Ao contrário do que seria esperado em um lugar religioso, poucos recorriam a orações ou a preces a alguma divindade. Estavam ocupados demais concentrados na ameaça iminente e nos seus próprios medos, e portanto se limitavam a chorar e ceder, um após o outro, ao desespero que tomava conta do lugar.
O mais velho entre os que estavam ali, também o mais experiente, se apoiava na mesinha central.

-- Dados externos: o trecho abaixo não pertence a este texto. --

//! Laws of gates. Each is the contract of a function that does nothing.
ghost use Rattle.turn_gate.specs.Laws.{IsOneThreads, EachStandsOnce, RuleStands};

use crate::replayed::Replayed;

/// What a legal history leaves, and its replies, are what one thread gets that does its steps in
/// their order.
pub fn history_is_one_threads<T: Replayed>()
    ensures { IsOneThreads T.next }
{}

/// In the history of a closed gate each entry is one caller's alone, and stands once in its `mine`.
pub fn each_stands_once<T: Replayed>()
    ensures { EachStandsOnce T.next }
{}

/// Between any two steps on the table of a gate its rule holds in all six parts: counting, custody,
/// home, holder, floors and names.
pub fn rule_stands<T: Replayed>()
    ensures { RuleStands T.next }
{}
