//! One value that many threads change in steps, and the one history of those steps.
//!
//! A [`Gate`] holds a value whose type says what a step does to it ([`Replayed`]). Each caller has
//! a [`Pass`] of the gate. [`Gate::commit`] does one step while no other caller does one, and
//! [`Gate::commit_row`] several, one behind another. The contract of each call says what its pass
//! then knows: a list of steps with their replies, which is legal, and in which the caller's own
//! steps stand at the places of its `mine`. The lists of any two passes begin one list. Once all
//! passes were joined into the first one, [`Gate::close`] gives the value that the whole list
//! leaves.
//!
//! A caller that finds nothing to do rests at a place ([`Gate::rest`]) until a step calls it.
//!
//! `specs/History.antt`, `specs/Passes.antt` and `specs/Rows.antt` have the words of these
//! contracts.
#![tactic(auto)]

mod calls;
mod gate;
mod laws;
mod plays;
mod replayed;
mod rows;
mod view;

pub use gate::{Gate, GateFault, MOST, Pass};
pub use laws::{each_stands_once, history_is_one_threads, rule_stands};
pub use replayed::{Course, NoMemory, PLACES, Replayed};
pub use view::{Entry, Has, Held, Joined, View};
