//! How many files of a folder were run, and what came of them.
ghost use Rattle.std.specs.Prelude.{◌≡◌, ◌≤◌, vec_len};
ghost use Rattle.row_cases.specs.Findings.{capped_sum};

use crate::Folder;
use row_cases::{Findings, Tally};

/// How many files of a folder were run, and what came of their cases.
#[derive(Clone, Copy)]
pub struct Ran {
    pub folder: Folder,
    pub files: u64,
    pub cases: Tally,
}

/// What was run of each folder.
#[derive(Clone, Copy)]
pub struct AllRan {
    pub rows: Ran,
    pub steps: Ran,
    pub tables: Ran,
}

impl Ran {
    pub fn nothing(folder: Folder) -> Ran
        ensures folder { result.folder ≡ folder }
        ensures files { result.files ≡ 0 }
        ensures failed { result.cases.failed ≡ 0 }
    {
        Ran {
            folder,
            files: 0,
            cases: Tally::new(),
        }
    }

    /// Adds what came of a file.
    pub fn add(&mut self, findings: &Findings)
        ensures folder { self.new.folder ≡ self.old.folder }
        ensures files { self.new.files ≡ capped_sum self.old.files 1 }
        ensures failed { self.new.cases.failed
            ≡ capped_sum self.old.cases.failed (vec_len findings.now.differences) }
        ensures lasting { self.old.cases.failed ≤ self.new.cases.failed }
    {
        self.files = self.files.saturating_add(1);
        self.cases.add(findings);
    }

    /// Adds what differs in no file.
    pub fn add_fault(&mut self, findings: &Findings)
        ensures folder { self.new.folder ≡ self.old.folder }
        ensures files { self.new.files ≡ self.old.files }
        ensures failed { self.new.cases.failed
            ≡ capped_sum self.old.cases.failed (vec_len findings.now.differences) }
        ensures lasting { self.old.cases.failed ≤ self.new.cases.failed }
    {
        self.cases.add(findings);
    }
}

/// The sum of three numbers, at most the greatest `u64`.
fn sum_of(first: u64, second: u64, third: u64) -> u64
    ensures { result ≡ capped_sum (capped_sum first second) third }
{
    first.saturating_add(second).saturating_add(third)
}

impl AllRan {
    /// How many files were run.
    pub fn files(self) -> u64
        ensures { result ≡ capped_sum (capped_sum self.rows.files self.steps.files)
            self.tables.files }
    {
        sum_of(self.rows.files, self.steps.files, self.tables.files)
    }

    /// What came of all cases.
    pub fn cases(self) -> Tally
        ensures passed { result.passed
            ≡ capped_sum (capped_sum self.rows.cases.passed self.steps.cases.passed)
            self.tables.cases.passed }
        ensures failed { result.failed
            ≡ capped_sum (capped_sum self.rows.cases.failed self.steps.cases.failed)
            self.tables.cases.failed }
    {
        let (rows, steps, tables) = (self.rows.cases, self.steps.cases, self.tables.cases);
        Tally {
            passed: sum_of(rows.passed, steps.passed, tables.passed),
            failed: sum_of(rows.failed, steps.failed, tables.failed),
        }
    }
}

Era um senhor grisalho vestido em trajes bordados com fios de prata que, falando com tristeza em sua voz grave, quebrou o silêncio:
- É como se uma besta gigante estivesse a martelar a nossa casa... Que a nossa vida de virtudes e resignação sirva para nos fazer merecedores de uma morte digna.
A atenção de todos se desviou da rua pela primeira vez desde o início do cerco, e voltou-se para aquelas palavras recém ditas. O estresse tornou-se tão forte no lugar que parecia que todos estavam em seus limites, ao passo que o som de uma simples agulha de metal caindo no chão seria suficiente para desencadear o caos.

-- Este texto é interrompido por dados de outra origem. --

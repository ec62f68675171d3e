//! What a gate can hold.
ghost use Rattle.std.specs.Prelude.{◌≡◌, ℕ, Bool, Option, IfOk};

/// In how many places callers rest.
pub const PLACES: usize = 64;

/// There was no memory.
#[derive(Debug, Drop)]
pub struct NoMemory;

/// A value that changes in steps, each of which is answered by a reply.
pub trait Replayed: Drop {
    type Step: Drop;

    type Reply;

    /// The value after a step, and the reply.
    ghost next: { Self → Self.Step → Self × Self.Reply };

    /// Whether what goes by this number is over.
    ghost over: { Self → ℕ → Bool };

    /// Those who rest at this place look again behind the step, whatever it leaves. A number that
    /// is no place's calls nobody.
    fn called_by(s: &Self::Step) -> Option<usize>;

    /// At which places something is to be done. Behind each step those who rest there look again.
    /// No clause speaks of it: who isn't called notices late.
    fn work(&self) -> [bool; PLACES];

    /// Whether what goes by this number is over, as a caller asks that waits for something else.
    fn is_over(&self, about: u32) -> bool
        ensures { result ≡ over self.now about };

    /// Does the step. Where there is no memory for it the value is given up.
    fn step(self, s: Self::Step) -> Result<(Self, Self::Reply), NoMemory>
        ensures { IfOk result (λ r. r ≡ next self s) };
}

/// What a caller does in one hold of the value: a first step, and further ones by the replies.
pub trait Course<T: Replayed> {
    /// The step that comes behind one that got this reply, where one does.
    ghost further: { Self → T.Reply → Option T.Step };

    /// The step that comes behind one that got this reply, where one does.
    fn further(&self, reply: &T::Reply) -> Option<T::Step>
        ensures { result ≡ further self.now reply.now };
}
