// How many thousandths of a second it sleeps at once, where nobody wakes it.
const NAP: u64 = 1;

// 1 once the value was given up.
const ENDED: usize = 24;

// From this word on each place has a line, which begins with how many steps stood when the place
// was called last.
const CALLS: usize = 32;

// From this word on, in the same lines, those who rest at each place are counted.
const RESTERS: usize = 33;

// How many words there are.
const WORDS: usize = 544;

/// A value that callers change in steps, each through a pass of its own.
///
/// It is shared by reference between threads. Of its words two are under a rule, how many steps
/// stand and the lock; by the others callers wake one another, and no clause speaks of them.
#[derive(Drop)]
pub struct Gate<T: Replayed> {
    pub(crate) table: Table<Held<T, T::Step>, View<T, T::Step, T::Reply>, Snapshot<T>, Law, Global>,
    ghost sized: { (table.shared.table_id.words ≡ 544) × (table.shared.table_id.slots ≡ 1) },
}

// What a pass is to the table.
pub(crate) type Place<T> = Seat<
    Held<T, <T as Replayed>::Step>,
    View<T, <T as Replayed>::Step, <T as Replayed>::Reply>,
>;

/// One caller's token of one gate, with what the caller has seen of the gate.
///
/// It may be dropped. The gate then can't be closed any more, and goes on.
#[derive(Drop)]
pub struct Pass<T: Replayed> {
    pub(crate) seat: Seat<Held<T, T::Step>, View<T, T::Step, T::Reply>>,
    // Where the caller rests.
    pub(crate) place: usize,
    // How many steps the pass has seen: what it has heard of.
    pub(crate) heard: u64,
    ghost placed: { place < 64 },
    ghost empty: { seat.me.1 ≡ [] },
    ghost idle: { seat.me.0.has ≡ Nothing },
    ghost named: { seat.me.0.named ≡ true },
    pub ghost own: { seat.me.0.mine ≡ places seat.me.0.name seat.me.0.seen },
    pub ghost hears: { heard ≡ length seat.me.0.seen },
}

// What became of a step that was to be noted.
pub(crate) enum Noted<T, R> {
    // It left this value with this reply, and so many steps stand now.
    Done(T, R, u64),
    // As many steps stand as a gate takes.
    Full(T),
    // It found no memory.
    Lost,
}

// This place is called too, where there is one.
pub(crate) fn add_place(called: &mut [bool; PLACES], place: Option<usize>) {
    if let Some(place) = place
        && place < PLACES
    {
        called[place] = true;
    }
}
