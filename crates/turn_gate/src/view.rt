//! What a pass knows. No value of these types is made, apart from [`Held`].
use std::collections::LinkedList;

/// One step of the history, by the pass of this name, and its reply.
pub struct Entry<S, R> {
    pub name: u64,
    pub step: S,
    pub reply: R,
}

/// A caller: its name, the places of its entries, and its own steps with the replies that it got.
/// A pass that was joined into another is kept so.
pub struct Joined<S, R> {
    pub name: u64,
    pub mine: LinkedList<u64>,
    pub pairs: LinkedList<(S, R)>,
}

/// What a pass has of the slot: nothing, the value, or the mark that the value was given up.
pub enum Has {
    Nothing,
    Value,
    Mark,
}

/// What the slot holds: the value, or the mark that it was given up. `Ask` never lies there: a
/// step is announced in it, for the proof alone.
#[derive(Drop)]
pub enum Held<T, S> {
    Value(T),
    Mark,
    Ask(S),
}

/// What a pass knows of its gate.
///
/// `opening` is the value that the gate was opened with. `named` is false once the pass was joined
/// into another. `seen` is the beginning of the history that the pass was told, and `mine` the
/// places in it of the pass's own entries. At least `floor` steps stand. `lost` says that the pass
/// was told that the value was given up. `kids` is how many passes were split from it. While the
/// pass has something of the slot, `base` is the history at the take, and `ask` the step to be
/// done.
pub struct View<T, S, R> {
    pub opening: Option<T>,
    pub named: bool,
    pub name: u64,
    pub seen: LinkedList<Entry<S, R>>,
    pub mine: LinkedList<u64>,
    pub floor: u64,
    pub lost: bool,
    pub kids: u64,
    pub joined: LinkedList<Joined<S, R>>,
    pub has: Has,
    pub base: LinkedList<Entry<S, R>>,
    pub ask: Option<S>,
}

Um dos monges adultos retrucou, gaguejando pela adrenalina e gesticulando com os braços:
- M...mestre, façamos alguma coisa! Não tem nada que possa nos livrar? Nenhuma escapatória?

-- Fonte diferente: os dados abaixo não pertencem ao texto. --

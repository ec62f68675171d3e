//! The calls of a gate.
ghost use Rattle.std.specs.Prelude.{◌≡◌, ◌≢◌, ◌≤◌, ◌++◌, ◌∷◌, [], true, false, length, IfOk};
ghost use Rattle.std.specs.Prelude.{IfErr, IsOk, MatchOption, MatchResult, ◌<◌, ◌-◌, List, map};
ghost use Rattle.std.specs.Prelude.{vec_capacity, vec_len};
ghost use Rattle.turn_gate.specs.History.{after, IsLegal};
ghost use Rattle.turn_gate.specs.Passes.{IsFirst, Stood, Failed, Committed, HasOneMore, IsChild};
ghost use Rattle.turn_gate.specs.Passes.{IsUnion, HasAll, IsWhole, IsSame, IsAsked, own_pairs};
ghost use Rattle.turn_gate.specs.Rows.{IsRow, IsCutRow, AreCommitted, AreCutShort};
ghost use Rattle.turn_gate.specs.Gates.{opening_of, view, IsPassOf};

use crate::gate::{Gate, GateFault, Pass};
use crate::replayed::{Course, NoMemory, Replayed};
use std::alloc::Global;
use std::sync::Wait;

impl<T: Replayed> Gate<T> {
    /// A gate that holds `t`, and its first pass, which rests at place 0.
    ///
    /// `seats` is for how many callers room to wait may be taken. This gate takes none, since its
    /// callers wait on words of the gate, and any number of passes may be split from the first.
    pub fn begin(alloc: Global, t: T, seats: u32) -> Result<(Gate<T>, Pass<T>), NoMemory>
        requires { (1 ≤ seats) × (seats ≤ 256) }
        ensures gate { IfOk result (λ r. IsPassOf r.0 r.1 × (opening_of r.0 ≡ t)) }
        ensures first { IfOk result (λ r. IsFirst (view r.1)) }
    {
        let _ = seats;
        match Gate::begin_at(alloc, t) {
            Ok((gate, seat)) => Ok((
                gate,
                Pass {
                    seat,
                    place: 0,
                    heard: 0,
                },
            )),
            Err(failed) => Err(failed),
        }
    }

    /// Does the step `s`, adds it with its reply to the history, and answers the reply.
    ///
    /// While another caller does a step this one waits, first by turns that give way and then
    /// asleep. After [`GateFault::NoMemory`] the value is gone, and each later commit of any pass
    /// answers so too.
    pub fn commit<R: Wait>(
        &self,
        rt: &R,
        pass: &mut Pass<T>,
        s: T::Step,
    ) -> Result<T::Reply, GateFault>
        requires gate { IsPassOf self.now pass.old }
        ensures gate { IsPassOf self.now pass.new }
        ensures ok { IfOk result
            (λ r. Committed T.next (opening_of self.now) (view pass.old) s r (view pass.new)) }
        ensures err { IfErr result (λ e. Failed (view pass.old) e (view pass.new)) }
        ensures own { MatchResult result
            (λ r. own_pairs (view pass.new) ≡ own_pairs (view pass.old) ++ (s, r) ∷ [])
            (λ e. own_pairs (view pass.new) ≡ own_pairs (view pass.old)) }
    {
        self.commit_at(rt, &mut pass.seat, s, &mut pass.heard)
    }

    /// Does a step and those that go on behind it, all in one hold of the value: as many as there
    /// is room for in `replies`, to which their replies are added.
    ///
    /// Each further step is the course's answer to the reply before. No other caller's step stands
    /// between them. Where a step isn't done those before it stand.
    pub fn commit_row<R: Wait, C: Course<T>>(
        &self,
        rt: &R,
        pass: &mut Pass<T>,
        s: T::Step,
        course: &C,
        replies: &mut Vec<T::Reply>,
    ) -> Result<(), GateFault>
        requires gate { IsPassOf self.now pass.old }
        requires room { vec_len replies.old < vec_capacity replies.old }
        ensures gate { IsPassOf self.now pass.new }
        ensures capacity { vec_capacity replies.new ≡ vec_capacity replies.old }
        ensures row { (ps : List (T.Step × T.Reply)) × MatchResult result
            (λ _. IsRow (C.further course.now) (vec_capacity replies.old - vec_len replies.old) s ps
            × AreCommitted T.next (opening_of self.now) (view pass.old) ps (view pass.new))
            (λ e. IsCutRow (C.further course.now) (vec_capacity replies.old - vec_len replies.old)
            s ps × AreCutShort T.next (opening_of self.now) (view pass.old) ps e (view pass.new))
            × (replies.new.items ≡ replies.old.items ++ map (λ p. p.1) ps)
            × (own_pairs (view pass.new) ≡ own_pairs (view pass.old) ++ ps) }
        ensures same { IsSame (view pass.old) (view pass.new) }
    {
        self.row_at(rt, &mut pass.seat, s, course, replies, &mut pass.heard)
    }

    /// Whether what goes by this number is over, as the value says that stands now
    /// ([`Replayed::is_over`]), or the value was given up. It does no step, and nobody is called.
    pub fn ask<R: Wait>(&self, rt: &R, pass: &mut Pass<T>, about: u32) -> bool
        requires gate { IsPassOf self.now pass.old }
        ensures gate { IsPassOf self.now pass.new }
        ensures asked { IsAsked T.next (opening_of self.now) T.over (view pass.old) about result
            (view pass.new) }
        ensures own { own_pairs (view pass.new) ≡ own_pairs (view pass.old) }
    {
        self.ask_at(rt, &mut pass.seat, about)
    }

    /// How many steps stand now, at least. It never waits.
    pub fn seen(&self, pass: &mut Pass<T>) -> u64
        requires gate { IsPassOf self.now pass.old }
        ensures gate { IsPassOf self.now pass.new }
        ensures least { ((view pass.old).floor ≤ result)
            × (length (view pass.old).seen ≤ result) }
        ensures floor { (view pass.new).floor ≡ result }
        ensures same { Stood (view pass.old) (view pass.new)
            × ((view pass.new).lost ≡ (view pass.old).lost) }
    {
        self.seen_at(&mut pass.seat)
    }

    /// Sleeps until the place at which the pass rests was called for a step behind those that the
    /// pass has seen, or the gate is at its end. It may end sooner.
    ///
    /// A step calls its own place ([`Replayed::called_by`]) and those at which it leaves work
    /// ([`Replayed::work`]).
    pub fn rest<R: Wait>(&self, rt: &R, pass: &Pass<T>)
        requires gate { IsPassOf self.now pass.now }
    {
        self.rest_at(rt, pass.place, pass.heard);
    }

    /// Sleeps as [`Gate::rest`] does, but until the place was called for a step behind the first
    /// `known`, and answers for how many steps it was called. It may end sooner.
    ///
    /// It is for who commits nothing, and so hears of no step: handed in again, the answer is what
    /// it knows by then. No clause speaks of the answer.
    pub fn rest_beyond<R: Wait>(&self, rt: &R, pass: &Pass<T>, known: u64) -> u64
        requires gate { IsPassOf self.now pass.now }
    {
        self.rest_at(rt, pass.place, known)
    }

    /// Whether the value was given up. No clause speaks of it: who needs it for a promise commits.
    pub fn is_lost(&self) -> bool {
        self.was_given_up()
    }

    /// A new pass, for another caller, which has seen as much as the first one and rests at this
    /// place.
    ///
    /// It takes no memory and always succeeds.
    pub fn split(&self, pass: &mut Pass<T>, place: usize) -> Result<Pass<T>, NoMemory>
        requires gate { IsPassOf self.now pass.old }
        requires first { (view pass.old).name ≡ 0 }
        requires place { place < 64 }
        ensures always { IsOk result }
        ensures gate { IsPassOf self.now pass.new × IfOk result (λ r. IsPassOf self.now r) }
        ensures same { HasOneMore (view pass.old) (view pass.new) }
        ensures new { IfOk result (λ r. IsChild (view pass.old) (view r)) }
    {
        let seat = self.split_at(&mut pass.seat);
        Ok(Pass {
            seat,
            place,
            heard: pass.heard,
        })
    }

    /// Takes in what another pass has seen, a pass that was split from this one.
    pub fn join(&self, pass: &mut Pass<T>, other: Pass<T>)
        requires gate { IsPassOf self.now pass.old × IsPassOf self.now other }
        requires first { (view pass.old).name ≡ 0 }
        requires other { (view other).name ≢ 0 }
        ensures gate { IsPassOf self.now pass.new }
        ensures both { IsUnion (view pass.old) (view other) (view pass.new) }
    {
        let Pass { seat, heard, .. } = other;
        self.join_at(&mut pass.seat, seat);
        pass.heard = pass.heard.max(heard);
    }

    /// The value that all steps left, or none where a step found no memory.
    ///
    /// The pass is the first one, and each pass that was split from it was joined into it. What it
    /// has seen is then the whole history: one legal list of steps, in which each caller's steps
    /// stand with the replies that it got, in its order, and nothing else stands.
    pub fn close(self, pass: Pass<T>) -> Option<T>
        requires gate { IsPassOf self pass }
        requires first { ((view pass).name ≡ 0) × HasAll (view pass) }
        ensures value { MatchOption result
            ((view pass).lost ≡ true)
            (λ t. (t ≡ after T.next (opening_of self) (view pass).seen)
            × ((view pass).lost ≡ false)) }
        ensures legal { IsLegal T.next (opening_of self) (view pass).seen }
        ensures whole { IsWhole (view pass) }
    {
        let Pass { seat, .. } = pass;
        self.close_at(seat)
    }
}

Vendo que acabara de ser rude com o seu superior ao esquecer da formalidade no falar e os gestos de submissão necessários, calou-se, visivelmente arrependido de ter se manifestado. Ele voltou a se misturar aos outros rapidamente, como que tentando esconder a sua fraqueza do olhar do ancião.
Respondendo após um breve período, o outro disse, segurando levemente a sua curta barba branca e olhando para o nada, imerso em suas próprias palavras:
- Não para todos.
Houve mais um breve período de silêncio, e ele continuou:
-Seria impossível tomar uma decisão justa para decidir quem se salva e quem morre. Não serei o executor dessa sentença, que não cabe a mim.
Ao terminar de falar essas palavras, que ecoaram levemente pelo salão chegando aos ouvidos dos que se encontravam no local, subitamente um estrondo abafado vem do lado de fora – era como se uma grande tora de madeira tivesse caído no chão.
Porém, antes mesmo que qualquer suspiro pudesse ser dado, houve mais um estrondo, tão forte e poderoso que fez com que o chão tremesse sob os pés de todos. Algumas paredes trincaram, mesmo sendo feitas de pedra maciça. Dessa vez, uma parte inteira da muralha parecia ter caído, não havia dúvidas. Logo o silêncio que outrora enchia o lugar foi substituído por berros e correria.
No meio da desordem, os mais jovens, também os mais vulneráveis, eram pisoteados pela massa que tentava fugir. Alguns monges escalavam desesperadamente as paredes usando a decoração como suporte, tentando alcançar as janelas mais altas. Outros corriam em direção às portas e aos corredores que levavam às outras instalações do mosteiro.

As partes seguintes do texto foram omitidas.